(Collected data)
= Beginning of Section =

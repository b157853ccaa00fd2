// The places of a release, by their indexes.
ghost use Rattle.std.specs.Prelude.{◌≡◌, ◌<◌, Some, length, slice_get};
ghost use Rattle.tda_model.specs.Sizes.{place_count};
ghost use Rattle.tda_places.specs.Places.{places_of, IsPlace};

use crate::spot::{before_level, place_of, spot_at};
use tda_schema::Schema;
use tda_spine::Spine;

/// What one measurement is of: a unit, a query of its level by its number there, and a class of the query by its first
/// cell.
#[derive(Clone, Copy, Debug, PartialEq, Eq)]
pub struct Place {
    pub unit: u32,
    pub query: u32,
    pub class: u32,
}

/// How many places there are: one for each class of each query of each unit's level, at most 2^21 where the spine was
/// read with the schema.
pub fn count(schema: &Schema, spine: &Spine) -> u64
    requires belong { spine.now.depth ≡ length schema.now.levels }
    ensures places { result ≡ length (places_of schema.now spine.now) }
    ensures count { result ≡ place_count schema.now spine.now }
{
    // Each unit is of one of the levels.
    let _ = spine.units();
    before_level(schema, spine, schema.levels())
}

/// The place at an index. Places are ordered by level, then unit in file order, then query, then class.
pub fn place_at(schema: &Schema, spine: &Spine, index: u64) -> Place
    requires belong { spine.now.depth ≡ length schema.now.levels }
    requires index { index < length (places_of schema.now spine.now) }
    ensures value { slice_get (places_of schema.now spine.now) index ≡ Some result }
    ensures is { IsPlace schema.now spine.now result }
{
    place_of(schema, spine, spot_at(schema, spine, index))
}
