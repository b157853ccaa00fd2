// Why a text gives no measurements.
ghost use Rattle.std.specs.Prelude.{◌≡◌};
ghost use Rattle.tda_places.specs.Faults.{fault_of};
ghost use Rattle.tda_places.specs.declared.fault.MeaFault.TheVariants.{NoMemory};

use std::alloc::{AllocError, AllocFailed};
use tda_io::RowFault;
use thiserror::Error;

/// Why a text gave no measurements. Rows are numbered from 1, the header being row 1.
#[derive(Clone, Copy, Debug, PartialEq, Eq, Error)]
pub enum MeaFault {
    /// The first row that has another number of fields than row 1.
    #[error("row {0} has another width")]
    BadRow(u64),
    /// The first row, which is not the header, or is not there.
    #[error("row {0} is not the header")]
    BadHeader(u64),
    /// The first three fields of this row are not those of its place.
    #[error("row {0} has another place")]
    WrongPlace(u64),
    /// The last field of this row is no canonical decimal within 2^31 of 0.
    #[error("row {0} has no number within the limit")]
    BadNumber(u64),
    /// There are fewer rows than places.
    #[error("a place has no row")]
    Missing,
    /// This row comes after the last place.
    #[error("row {0} comes after the last place")]
    TooMany(u64),
    /// There was not enough memory.
    #[error("out of memory")]
    NoMemory,
}

impl From<AllocError> for MeaFault {
    ghost from_gives = { λ _ e. e ≡ NoMemory };

    fn from(_: AllocError) -> Self {
        MeaFault::NoMemory
    }
}

impl<T: Drop> From<AllocFailed<T>> for MeaFault {
    ghost from_gives = { λ _ e. e ≡ NoMemory };

    fn from(_: AllocFailed<T>) -> Self {
        MeaFault::NoMemory
    }
}

impl From<RowFault> for MeaFault {
    ghost from_gives = { λ row_fault fault. fault ≡ fault_of row_fault };

    fn from(fault: RowFault) -> Self {
        match fault {
            RowFault::BadWidth(row) => MeaFault::BadRow(row),
            RowFault::NoMemory => MeaFault::NoMemory,
        }
    }
}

= End of Section =

● **What you will do**: With every line kept whole, write out the records again exactly.

● **Your solution**:
repository b157853ccaa00fd2
// The places of a release, by their indexes.
ghost use Rattle.std.specs.Prelude.{◌≡◌, ◌<◌, Some, length, slice_get};
ghost use Rattle.tda_model.specs.Sizes.{place_count};
ghost use Rattle.tda_places.specs.Places.{places_of, IsPlace};

use crate::spot::{before_level, place_of, spot_at};
use tda_schema::Schema;
use tda_spine::Spine;

/// What one measurement is of: a unit, a query of its level by its number there, and a class of the query by its first
/// cell.
#[derive(Clone, Copy, Debug, PartialEq, Eq)]
pub struct Place {
    pub unit: u32,
    pub query: u32,
    pub class: u32,
}

/// How many places there are: one for each class of each query of each unit's level, at most 2^21 where the spine was
/// read with the schema.
pub fn count(schema: &Schema, spine: &Spine) -> u64
    requires belong { spine.now.depth ≡ length schema.now.levels }
    ensures places { result ≡ length (places_of schema.now spine.now) }
    ensures count { result ≡ place_count schema.now spine.now }
{
    // Each unit is of one of the levels.
    let _ = spine.units();
    before_level(schema, spine, schema.levels())
}

/// The place at an index. Places are ordered by level, then unit in file order, then query, then class.
pub fn place_at(schema: &Schema, spine: &Spine, index: u64) -> Place
    requires belong { spine.now.depth ≡ length schema.now.levels }
    requires index { index < length (places_of schema.now spine.now) }
    ensures value { slice_get (places_of schema.now spine.now) index ≡ Some result }
    ensures is { IsPlace schema.now spine.now result }
{
    place_of(schema, spine, spot_at(schema, spine, index))
}
repository b157853ccaa00fd2
// Why a text gives no measurements.
ghost use Rattle.std.specs.Prelude.{◌≡◌};
ghost use Rattle.tda_places.specs.Faults.{fault_of};
ghost use Rattle.tda_places.specs.declared.fault.MeaFault.TheVariants.{NoMemory};

use std::alloc::{AllocError, AllocFailed};
use tda_io::RowFault;
use thiserror::Error;

/// Why a text gave no measurements. Rows are numbered from 1, the header being row 1.
#[derive(Clone, Copy, Debug, PartialEq, Eq, Error)]
pub enum MeaFault {
    /// The first row that has another number of fields than row 1.
    #[error("row {0} has another width")]
    BadRow(u64),
    /// The first row, which is not the header, or is not there.
    #[error("row {0} is not the header")]
    BadHeader(u64),
    /// The first three fields of this row are not those of its place.
    #[error("row {0} has another place")]
    WrongPlace(u64),
    /// The last field of this row is no canonical decimal within 2^31 of 0.
    #[error("row {0} has no number within the limit")]
    BadNumber(u64),
    /// There are fewer rows than places.
    #[error("a place has no row")]
    Missing,
    /// This row comes after the last place.
    #[error("row {0} comes after the last place")]
    TooMany(u64),
    /// There was not enough memory.
    #[error("out of memory")]
    NoMemory,
}

impl From<AllocError> for MeaFault {
    ghost from_gives = { λ _ e. e ≡ NoMemory };

    fn from(_: AllocError) -> Self {
        MeaFault::NoMemory
    }
}

impl<T: Drop> From<AllocFailed<T>> for MeaFault {
    ghost from_gives = { λ _ e. e ≡ NoMemory };

    fn from(_: AllocFailed<T>) -> Self {
        MeaFault::NoMemory
    }
}

impl From<RowFault> for MeaFault {
    ghost from_gives = { λ row_fault fault. fault ≡ fault_of row_fault };

    fn from(fault: RowFault) -> Self {
        match fault {
            RowFault::BadWidth(row) => MeaFault::BadRow(row),
            RowFault::NoMemory => MeaFault::NoMemory,
        }
    }
}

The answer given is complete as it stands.